Je ne comprends pas ce qu'attendent ceux qui ont cessé le travail. En revanche, je comprends assez bien les conséquences de type d'attitude à répétition : développement du covoiturage, ouverture de lignes d'autocars sur autoroutes concurrençant les TER, puis finalement, ouverture de tous les TER à la concurrence, éclatement de la SNCF, fin du statut de cheminot. Est-ce vraiment ce que veulent ceux qui ont cessé le travail ?
Commentaires
Coincé sur le quai de la gare, mes réflexes d'enseignant en droit reviennent, à propos des articles L. 4131-1 et suivants du Code du travail. Le droit de retrait, invoqué par les cheminots, doit être exercé individuellement - contrairement à la grève, qui est par essence de nature collective. En effet, le texte évoque bien "le travailleur...peut se retirer".
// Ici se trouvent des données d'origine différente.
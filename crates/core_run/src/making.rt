// The operation that makes an entry, over one thread and the words.
ghost use Rattle.std.specs.Prelude.{◌≡◌, ◌<◌, IfOk, false, true};
ghost use Rattle.sync_objects.specs.Setup.{IsWithinLimits};
ghost use Rattle.flow_code.specs.Settle.{IsRunnable};
ghost use Rattle.core_run.specs.Machine.{Told, may_revoke as may_revoke_of, may_stop as may_stop_of, may_close as may_close_of};
ghost use Rattle.core_run.specs.Words.{cells_of};
ghost use Rattle.core_run.specs.Parts.{MadeIs, AreUsable, LacksWord, HasWord};
ghost use Rattle.std.specs.Prelude.{MatchOption};
ghost use Rattle.sync_objects.specs.Names.{name_of, Fits};
ghost use Rattle.sync_objects.specs.Sound.{IsInRange};
ghost use Rattle.run_theory.specs.Labels.{Go, Revoke, Stop, Close, label_of};
ghost use Rattle.std.specs.Prelude.{slice_set};

use crate::parts::{Made, has_object, perform, place_of, word_at};
use crate::same::same_entry;
use std::alloc::AllocError;
use sync_objects::{Entry, ObjId, Op, OpName, advance};
use thread_interpreter::Flow;
use word_semantics::Action;

// The entry's operation as the thread's own next one.
fn make_own(
    flow: &mut Flow,
    words: &mut Vec<u64>,
    cells: u32,
    entry: Entry,
) -> Result<Made, AllocError>
    requires runnable { IsRunnable flow.old.code }
    requires limits { IsWithinLimits flow.old.setup }
    requires cells { cells ≡ cells_of flow.old.code flow.old.setup }
    requires thread { entry.thread < 16 }
    requires number { flow.old.number ≡ entry.thread }
    requires label { label_of entry ≡ Go entry.thread }
    requires sound { AreUsable flow.old.code flow.old.setup words.old.items }
    ensures code { flow.new.code ≡ flow.old.code }
    ensures setup { flow.new.setup ≡ flow.old.setup }
    ensures number { flow.new.number ≡ flow.old.number }
    ensures made { (told : Told) → told.thread ≡ flow.old.kept.thread → IfOk result (MadeIs flow.old.code flow.old.setup told entry words.old.items words.new.items flow.new.kept.thread) }
{
    flow.settle()?;
    match flow.next_action() {
        Action::Operate { op, obj } => {
            let own = Entry {
                thread: entry.thread,
                count: flow.count(),
                op: op.name(),
                obj,
            };
            if !same_entry(own, entry) {
                return Ok(Made::Refused);
            }
            let made = perform(flow, words, cells, entry.thread, op, obj)?;
            Ok(made)
        }
        Action::Load { .. } => Ok(Made::Refused),
        Action::Store { .. } => Ok(Made::Refused),
        Action::Mark => Ok(Made::Refused),
        Action::Quiet => Ok(Made::Refused),
        Action::Ended => Ok(Made::Refused),
    }
}

fn may_revoke(flow: &Flow, lock: u16, stripe: u8) -> bool
    ensures { result ≡ may_revoke_of flow.now.kept.thread lock stripe }
{
    flow.ending().is_none()
        && flow.holds(lock, stripe)
        && flow.entries() < 1 << 20
        && flow.revokes() < 1 << 14
}

fn may_stop(flow: &Flow) -> bool
    ensures { result ≡ may_stop_of flow.now.kept.thread }
{
    flow.has_begun() && flow.ending().is_none()
}

fn may_close(flow: &Flow) -> bool
    ensures { result ≡ may_close_of flow.now.kept.thread }
{
    !flow.has_begun() && flow.ending().is_none()
}

// The word after an operation on the object, if it is one of the machine's and the operation is allowed there.
fn advanced_word(
    flow: &Flow,
    words: &[u64],
    cells: u32,
    thread: u8,
    op: Op,
    obj: ObjId,
) -> Option<u64>
    requires cells { cells ≡ cells_of flow.now.code flow.now.setup }
    requires thread { thread < 16 }
    requires range { IsInRange op }
    requires fits { Fits (name_of op) obj }
    requires sound { AreUsable flow.now.code flow.now.setup words.now }
    ensures { MatchOption result (LacksWord flow.now.code flow.now.setup thread op obj words.now) (λ next. HasWord flow.now.code flow.now.setup thread op obj words.now next) }
{
    if !has_object(flow.code(), flow.setup(), cells, obj) {
        return None;
    }
    let Some(word) = word_at(words, place_of(cells, obj)) else {
        return None;
    };
    match advance(op, thread, word) {
        Some((next, _)) => Some(next),
        None => None,
    }
}

fn set_word(words: &mut Vec<u64>, place: usize, word: u64)
    ensures { words.new.items ≡ slice_set words.old.items place word }
{
    if place < words.len() {
        words[place] = word;
    }
}

// The stripe is revoked, if the thread holds it.
fn revoke(
    flow: &mut Flow,
    words: &mut Vec<u64>,
    cells: u32,
    entry: Entry,
    lock: u16,
    stripe: u8,
) -> Made
    requires cells { cells ≡ cells_of flow.old.code flow.old.setup }
    requires thread { entry.thread < 16 }
    requires label { label_of entry ≡ Revoke entry.thread lock stripe }
    requires sound { AreUsable flow.old.code flow.old.setup words.old.items }
    ensures code { flow.new.code ≡ flow.old.code }
    ensures setup { flow.new.setup ≡ flow.old.setup }
    ensures number { flow.new.number ≡ flow.old.number }
    ensures made { (told : Told) → told.thread ≡ flow.old.kept.thread → MadeIs flow.old.code flow.old.setup told entry words.old.items words.new.items flow.new.kept.thread result }
{
    if !may_revoke(flow, lock, stripe) {
        return Made::Refused;
    }
    let own = Entry {
        thread: entry.thread,
        count: flow.count(),
        op: OpName::Revoke,
        obj: ObjId::Weak { lock, stripe },
    };
    if !same_entry(own, entry) {
        return Made::Refused;
    }
    let Some(next) = advanced_word(
        flow,
        words,
        cells,
        entry.thread,
        Op::Revoke,
        ObjId::Weak { lock, stripe },
    ) else {
        return Made::Refused;
    };
    flow.give_up(lock, stripe);
    set_word(words, place_of(cells, ObjId::Weak { lock, stripe }), next);
    Made::Silent
}

// The thread is stopped, if it has begun and not ended.
fn stop(flow: &mut Flow, words: &mut Vec<u64>, cells: u32, entry: Entry) -> Made
    requires cells { cells ≡ cells_of flow.old.code flow.old.setup }
    requires thread { entry.thread < 16 }
    requires label { label_of entry ≡ Stop entry.thread }
    requires sound { AreUsable flow.old.code flow.old.setup words.old.items }
    ensures code { flow.new.code ≡ flow.old.code }
    ensures setup { flow.new.setup ≡ flow.old.setup }
    ensures number { flow.new.number ≡ flow.old.number }
    ensures made { (told : Told) → told.thread ≡ flow.old.kept.thread → MadeIs flow.old.code flow.old.setup told entry words.old.items words.new.items flow.new.kept.thread result }
{
    if !may_stop(flow) {
        return Made::Refused;
    }
    let own = Entry {
        thread: entry.thread,
        count: flow.count(),
        op: OpName::Stop,
        obj: ObjId::Halt,
    };
    if !same_entry(own, entry) {
        return Made::Refused;
    }
    let Some(next) = advanced_word(flow, words, cells, entry.thread, Op::Stop, ObjId::Halt) else {
        return Made::Refused;
    };
    flow.stop();
    set_word(words, place_of(cells, ObjId::Halt), next);
    Made::Silent
}

// The thread's slot is closed, if it hasn't begun.
fn close(flow: &mut Flow, words: &mut Vec<u64>, cells: u32, entry: Entry) -> Made
    requires cells { cells ≡ cells_of flow.old.code flow.old.setup }
    requires thread { entry.thread < 16 }
    requires label { label_of entry ≡ Close entry.thread }
    requires sound { AreUsable flow.old.code flow.old.setup words.old.items }
    ensures code { flow.new.code ≡ flow.old.code }
    ensures setup { flow.new.setup ≡ flow.old.setup }
    ensures number { flow.new.number ≡ flow.old.number }
    ensures made { (told : Told) → told.thread ≡ flow.old.kept.thread → MadeIs flow.old.code flow.old.setup told entry words.old.items words.new.items flow.new.kept.thread result }
{
    if !may_close(flow) {
        return Made::Refused;
    }
    let own = Entry {
        thread: entry.thread,
        count: flow.count(),
        op: OpName::Close,
        obj: ObjId::Slot(entry.thread),
    };
    if !same_entry(own, entry) {
        return Made::Refused;
    }
    let Some(next) = advanced_word(
        flow,
        words,
        cells,
        entry.thread,
        Op::Close,
        ObjId::Slot(entry.thread),
    ) else {
        return Made::Refused;
    };
    flow.close_slot();
    set_word(words, place_of(cells, ObjId::Slot(entry.thread)), next);
    Made::Silent
}

/// The operation that makes the entry, if it is allowed: a revoke, stop or close at the thread as it stands, and any
/// other one as the thread's next after its quiet steps. `cells` is how many of the words are cells. After an Err some
/// quiet steps may be made.
pub(crate) fn make_entry(
    flow: &mut Flow,
    words: &mut Vec<u64>,
    cells: u32,
    entry: Entry,
) -> Result<Made, AllocError>
    requires runnable { IsRunnable flow.old.code }
    requires limits { IsWithinLimits flow.old.setup }
    requires cells { cells ≡ cells_of flow.old.code flow.old.setup }
    requires thread { entry.thread < 16 }
    requires number { flow.old.number ≡ entry.thread }
    requires sound { AreUsable flow.old.code flow.old.setup words.old.items }
    ensures code { flow.new.code ≡ flow.old.code }
    ensures setup { flow.new.setup ≡ flow.old.setup }
    ensures number { flow.new.number ≡ flow.old.number }
    ensures made { (told : Told) → told.thread ≡ flow.old.kept.thread → IfOk result (MadeIs flow.old.code flow.old.setup told entry words.old.items words.new.items flow.new.kept.thread) }
{
    match entry.op {
        OpName::Revoke => match entry.obj {
            ObjId::Weak { lock, stripe } => Ok(revoke(flow, words, cells, entry, lock, stripe)),
            ObjId::Mutex(_) => make_own(flow, words, cells, entry),
            ObjId::Cond(_) => make_own(flow, words, cells, entry),
            ObjId::Barrier(_) => make_own(flow, words, cells, entry),
            ObjId::Rw(_) => make_own(flow, words, cells, entry),
            ObjId::Slot(_) => make_own(flow, words, cells, entry),
            ObjId::Threads => make_own(flow, words, cells, entry),
            ObjId::Halt => make_own(flow, words, cells, entry),
            ObjId::Input => make_own(flow, words, cells, entry),
            ObjId::Output => make_own(flow, words, cells, entry),
        },
        OpName::Stop => Ok(stop(flow, words, cells, entry)),
        OpName::Close => Ok(close(flow, words, cells, entry)),
        _ => make_own(flow, words, cells, entry),
    }
}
Le danger auquel est exposé le travailleur doit être "grave et imminent pour sa vie ou sa santé". Nul doute que tous les contrôleurs ne sont pas, en même temps, menacés... L'on pourrait donc hurler sur les contrôleurs...
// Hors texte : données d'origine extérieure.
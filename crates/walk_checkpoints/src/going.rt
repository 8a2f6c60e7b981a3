// The walk of the rest of a log from the state that a file holds.

ghost use Rattle.std.specs.Prelude.{◌≡◌, IfOk, length};
ghost use Rattle.snapshots.specs.Conditions.{MeetsConditions};
ghost use Rattle.walk_checkpoints.specs.Telling as spec;
ghost use Rattle.walk_checkpoints.specs.Telling.{GoesOn, WalksRest};

use checkpoint::{Resumed, resume};
use command_line::Answer;
use job_outcomes::Outcome;
use lock_sound::{Weakened, law_weakened_is_valid, law_weakened_runs};
use order_log::Log;
use snapshot_reader::{SnapshotFault, read_snapshot};
use snapshots::{Snapshot, law_resumable};
use std::alloc::{AllocError, Global};
use walk_answers::answer_of;

// What is told of a walk of the rest.
fn rest_answer(rest: Resumed) -> Answer
    ensures { result ≡ spec.rest_answer rest }
{
    match rest {
        Resumed::Walked(walk) => answer_of(walk),
        Resumed::BadCell { thread } => Answer::CheckpointRefused {
            number: 27,
            place: u32::from(thread),
        },
    }
}

// What is told of the walk of the rest of a log from a snapshot.
fn walked_rest<'a>(
    alloc: Global,
    weakened: &Weakened,
    log: &Log,
    snapshot: &Snapshot,
) -> Result<Outcome<'a>, AllocError>
    requires { MeetsConditions weakened.now.weak log.now.setup (length log.now.entries) snapshot.now }
    ensures { IfOk result (WalksRest weakened.now.weak log.now.setup log.now.entries snapshot.now) }
{
    let _slots = log.setup().slots();
    law_weakened_runs();
    law_resumable();
    let rest = resume(alloc, weakened.code(), log.setup(), snapshot, log.entries())?;
    Ok(Outcome::answers(alloc, rest_answer(rest)))
}

/// What is told of the walk of the rest of a log on weakened code, from the state that these bytes hold: what is printed from there
/// on, and how it ends. Bytes that hold no state of this code and this log are refused, and so is a state in which a thread comes
/// to a cell that there isn't. No file is put.
pub fn told_rest<'a>(
    alloc: Global,
    weakened: &Weakened,
    log: &Log,
    bytes: &[u8],
) -> Result<Outcome<'a>, AllocError>
    ensures { IfOk result (GoesOn weakened.now.weak log.now.setup log.now.entries bytes.now) }
{
    law_weakened_runs();
    law_weakened_is_valid();
    let entries = log.entries().len();
    match read_snapshot(alloc, bytes, weakened.code(), log.setup(), entries) {
        Ok(snapshot) => walked_rest(alloc, weakened, log, &snapshot),
        Err(SnapshotFault::Refused { number, line }) => {
            let place = line;
            Ok(Outcome::answers(alloc, Answer::CheckpointRefused { number, place }))
        }
        Err(SnapshotFault::OutOfMemory) => Err(AllocError),
    }
}
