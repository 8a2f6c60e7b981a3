use rr_base::{Bytes, List, Trap};
use thread_interpreter::{Access, Ending};

/// How the part of an entry has ended.
#[derive(Clone, Copy, Debug, PartialEq, Eq)]
pub enum PartEnd {
    /// Its thread has gone to the entry and made it.
    Made,
    /// It isn't allowed.
    Refused,
    /// It isn't allowed, since its thread comes to a load or store of a cell that the machine doesn't have.
    Outside,
}

/// What the walk of a list of entries comes to.
#[derive(Debug, Drop)]
pub enum Walk {
    /// All entries are allowed, and each thread has ended.
    Done {
        out: Bytes,
        reads: List<Access>,
        ends: List<Ending>,
    },
    /// The same, and a thread has trapped.
    Trapped {
        kind: Trap,
        thread: u8,
        line: u32,
        out: Bytes,
        reads: List<Access>,
        ends: List<Ending>,
    },
    /// The entry at this position is the first that isn't allowed; or this is the number of entries, all of them are
    /// allowed, and some thread has not ended.
    Wrong {
        at: u32,
    },
}
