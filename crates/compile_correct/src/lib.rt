//! Runs of a text: what the machine of its code does is a run of the source, and so is what that of its weakened code
//! does, whose logs walk to what they were written of. It has no program, and promises its laws.
//!
//! Its contract: `law_text_run`, `law_text_walk`: each run and each walk of a text's code is a run of its source;
//! `law_text_log`: the log of a run of its weakened code walks to that run's end, as a run of the source that prints
//! the walk's bytes.
//! It knows nothing of files, texts of logs.
#![tactic(auto)]

ghost use Rattle.std.specs.Prelude.{◌≡◌, ◌≤◌, ◌^◌, List, length, Some};
ghost use Rattle.sync_objects.specs.Setup.{SetupView, IsWithinLimits};
ghost use Rattle.sync_objects.specs.declared.entry.Entry.{Entry};
ghost use Rattle.rr_base.specs.Texts.{Text};
ghost use Rattle.c_tree.specs.Tree.{Outer};
ghost use Rattle.c_elaborate.specs.Whole.{core_of_source};
ghost use Rattle.facts.specs.declared.pair.Pair.{Pair};
ghost use Rattle.facts.specs.PointsTo.{Tables};
ghost use Rattle.weak_lock_facts.specs.declared.grain.Grained.{Grained};
ghost use Rattle.weak_lock_facts.specs.declared.range.Range.{Range};
ghost use Rattle.weak_code.specs.Weakened.{weakened};
ghost use Rattle.erasure.specs.Erased.{erased_events, erased_walk, IsAnywhere};
ghost use Rattle.core_run.specs.Histories.{run_of, HaveEnded, lists_of, entries_in};
ghost use Rattle.core_run.specs.Machine.{Told, start_state};
ghost use Rattle.core_run.specs.Walks.{walk_of, out_of};
ghost use Rattle.front.specs.Plain.{plain_code};
ghost use Rattle.front.specs.Readings.{sound, IsReading};
ghost use Rattle.lock_sound.specs.Weakened.{Analysed, IsAnalysed};
ghost use Rattle.run_theory.specs.Labels.{Label};
ghost use Rattle.run_theory.specs.Merge.{written_merge};
ghost use Rattle.run_theory.specs.Steps.{State};
ghost use Rattle.lowering_simulation.specs.RunEvents.{events_of_run};
ghost use Rattle.lowering_simulation.specs.SourceRuns.{IsSourceRun, IsBeforeEntry, bytes_of};
ghost use Rattle.lowering_simulation.specs.WalkEvents.{events_of_walk};

/// Each run of the code of a text that is read as a source without a fault, in any interleaving, with any stops and closes, is
/// a run of that source.
pub fn law_text_run()
    ensures { (text : Text) (os : List Outer) (setup : SetupView) (labels : List Label) (end : State Told) →
        length text ≤ 2 ^ 20 →
        IsReading text (sound os) →
        IsWithinLimits setup →
        run_of (plain_code os) setup labels ≡ Some end →
        IsSourceRun (core_of_source os) setup IsBeforeEntry (events_of_run (plain_code os) setup labels) }
{}

/// So is each walk of its code, by whatever list of entries: that of a log that `replay` reads, for one. The bytes that the walk
/// tells are those that this run of the source prints.
pub fn law_text_walk()
    ensures { (text : Text) (os : List Outer) (setup : SetupView) (entries : List Entry) (end : State Told) →
        length text ≤ 2 ^ 20 →
        IsReading text (sound os) →
        IsWithinLimits setup →
        walk_of (plain_code os) setup entries (start_state (plain_code os) setup) ≡ Some end →
        IsSourceRun (core_of_source os) setup IsBeforeEntry (events_of_walk (plain_code os) setup entries)
        × (out_of (plain_code os) setup entries (start_state (plain_code os) setup) ≡ bytes_of (events_of_walk (plain_code os) setup entries)) }
{}

/// Each run of the weakened code of such a text, in any interleaving, with any revokes, stops and closes, is a run of the source
/// once the operations on stripes are left out, whatever pairs, ranges and grains the code was weakened by. Only where a
/// thread's list in the log is full may it trap in place of what it does next.
pub fn law_text_erasure()
    ensures { (text : Text) (os : List Outer) (t : Tables) (vs : List Pair) (rs : List Range) (rows : List Grained) (setup : SetupView) (labels : List Label) (end : State Told) →
        length text ≤ 2 ^ 20 →
        IsReading text (sound os) →
        IsWithinLimits setup →
        run_of (weakened (plain_code os) t vs rs rows) setup labels ≡ Some end →
        IsSourceRun (core_of_source os) setup IsAnywhere (erased_events (weakened (plain_code os) t vs rs rows) setup labels) }
{}

/// So is each walk of it, by whatever list of entries, and the bytes that the walk tells are those that this run of the source
/// prints.
pub fn law_text_erased_walk()
    ensures { (text : Text) (os : List Outer) (t : Tables) (vs : List Pair) (rs : List Range) (rows : List Grained) (setup : SetupView) (entries : List Entry) (end : State Told) →
        length text ≤ 2 ^ 20 →
        IsReading text (sound os) →
        IsWithinLimits setup →
        walk_of (weakened (plain_code os) t vs rs rows) setup entries (start_state (weakened (plain_code os) t vs rs rows) setup) ≡ Some end →
        IsSourceRun (core_of_source os) setup IsAnywhere (erased_walk (weakened (plain_code os) t vs rs rows) setup entries)
        × (out_of (weakened (plain_code os) t vs rs rows) setup entries (start_state (weakened (plain_code os) t vs rs rows) setup) ≡ bytes_of (erased_walk (weakened (plain_code os) t vs rs rows) setup entries)) }
{}

/// The log of a run of such a text's weakened code in which all threads have ended, whatever the interleaving was, and with any
/// revokes, stops and closes, walks to that run's own end: with the same bytes printed, the same accesses in each thread, and
/// each thread ended as it did. And that walk is a run of the source, once the operations on stripes are left out, and tells the
/// bytes that this run of the source prints.
pub fn law_text_log()
    ensures { (text : Text) (os : List Outer) (a : Analysed) (setup : SetupView) (labels : List Label) (end : State Told) →
        length text ≤ 2 ^ 20 →
        IsReading text (sound os) →
        IsAnalysed a →
        a.plain ≡ plain_code os →
        IsWithinLimits setup →
        run_of a.weak setup labels ≡ Some end →
        HaveEnded a.weak setup end →
        (walk_of a.weak setup (entries_in (written_merge (lists_of end))) (start_state a.weak setup) ≡ Some end)
        × IsSourceRun (core_of_source os) setup IsAnywhere (erased_walk a.weak setup (entries_in (written_merge (lists_of end))))
        × (out_of a.weak setup (entries_in (written_merge (lists_of end))) (start_state a.weak setup) ≡ bytes_of (erased_walk a.weak setup (entries_in (written_merge (lists_of end))))) }
{}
Mais les choses ne sont pas si simples. Le législateur mêle les droits d'alerte et de retrait, de telle sorte qu'une situation justifiant l'alerte justifie aussi le retrait... et le texte vise à ce titre aussi "toute défectuosité [que le travailleur] constate dans les systèmes de protection". Or, l'on peut comprendre, sur ce point, que les systèmes de protection des contrôleurs sont défaillants, pour des causes bien connues: peu de présence humaine en gare, intervention rarissime de la police en gare pour débarquer des passagers causant un trouble...
Je ne serais donc pas si prompt à blâmer les contrôleurs, même si je partage la crainte de l'auteur du blog liée aux conséquences d'un tel arrêt de travail. L'on peut également accuser le législateur, dont le texte, sur le droit de retrait, n'est pas clair; la SNCF et les AOT de limiter la présence en gare et à bord des trains, et de ne pas, y compris devant un mouvement spontané, mettre en place des solutions de substitution... Car pour l'usager, la cause de l'absence de train importe peu.
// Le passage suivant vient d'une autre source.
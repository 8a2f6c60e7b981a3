// What is kept of a thread's accesses.
ghost use Rattle.std.specs.Prelude.{◌≡◌, ◌<◌, length, slice_get, slice_set, Some, OnOk, List};
ghost use Rattle.thread_interpreter.specs.Formulas.{meets as meets_of, same_number as same_number_of, is_of_thread as is_of, has_value as has_value_of};
ghost use Rattle.core_run.specs.Shown.{with_read};
ghost use Rattle.thread_interpreter.specs.declared.access.Access.{Access as AccessOf};

use rr_base::List;
use std::alloc::AllocError;
use thread_interpreter::{Access, Formula};

// The most accesses that are kept of one thread.
const MOST_READS: usize = 262_144;

fn has_value(value: Option<i64>, word: u64) -> bool
    ensures { result ≡ has_value_of value word }
{
    match value {
        None => true,
        Some(z) => z == word.cast_signed(),
    }
}

fn is_of_thread(asked: Option<u8>, thread: u8) -> bool
    ensures { result ≡ is_of asked thread }
{
    match asked {
        None => true,
        Some(t) => t == thread,
    }
}

// Whether the access is what the formula asks for.
fn meets(formula: &Formula, access: Access) -> bool
    ensures { result ≡ meets_of formula.now access }
{
    let kind = if access.store {
        formula.stores
    } else {
        formula.loads
    };
    kind && is_of_thread(formula.thread, access.thread)
        && formula.low <= access.cell
        && access.cell <= formula.high
        && has_value(formula.value, access.value)
}

fn with_access(list: &mut List<Access>, formula: &Formula, access: Access) -> Result<(), AllocError>
    ensures { OnOk result (list.new ≡ with_read formula.now list.old access) }
{
    if meets(formula, access) && list.len() < MOST_READS {
        return list.push(access);
    }
    Ok(())
}

/// Keeps the access of a thread, if it is what the formula asks for and there is room.
pub(crate) fn keep(
    reads: &mut Vec<List<Access>>,
    thread: u8,
    formula: &Formula,
    access: Access,
) -> Result<(), AllocError>
    requires { thread < length reads.old.items }
    ensures len { length reads.new.items ≡ length reads.old.items }
    ensures kept { (xs : List AccessOf) → slice_get reads.old.items thread ≡ Some xs → OnOk result (reads.new.items ≡ slice_set reads.old.items thread (with_read formula.now xs access)) }
{
    let list = &mut reads[usize::from(thread)];
    with_access(list, formula, access)
}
Monsieur, je trouve qu'opposer écologie et droit de retrait ou droit de grève est un non sens . On s'aperçoit, à vous lire, que dès que lapolitique se mêle de l'écologie, on se trouve devant des raisonnements tel que le votre: ne pas manifester -droit de retrait droit de grève- parce que du coup on est obligé de prendre la voiture. Que pensez vous des manifestants qui sont contre le projet de Pierre et Vacances? S'ils gagnent, combien d'emplois ne verront pas le jour? Et Sivens,Et NDDL, à propos duquel le 1er ministre, que vous soutenez, vient de faire une déclaration fracassante, sans même tenir compte des délais judiciaires obligatoires au vu des référés? Ne vous trouvez vous pas quelque peu réducteur: grève=ouverture à la concurrence=fin des cheminots?
Je précise -comme vous le savez- que je fais partie des gens impactés par ce mouvement. Je le comprends et l'accepte même si cela me pourrit la vie tous les jours. Et je précise que je suis contre l'encadrement du droit de grève.
Je ne susi pas sûr que vous publierez mon commentaire, mais pour une fois je souhaitais réagir.
Alain Carré
L'opinion publique soutient habituellement les professions à statut protecteur, tant que ces dernières assurent un service de qualité, continu et fiable. Lorsque ce n'est plus le cas, les choses peuvent changer rapidement. On en reparle dans dix ans.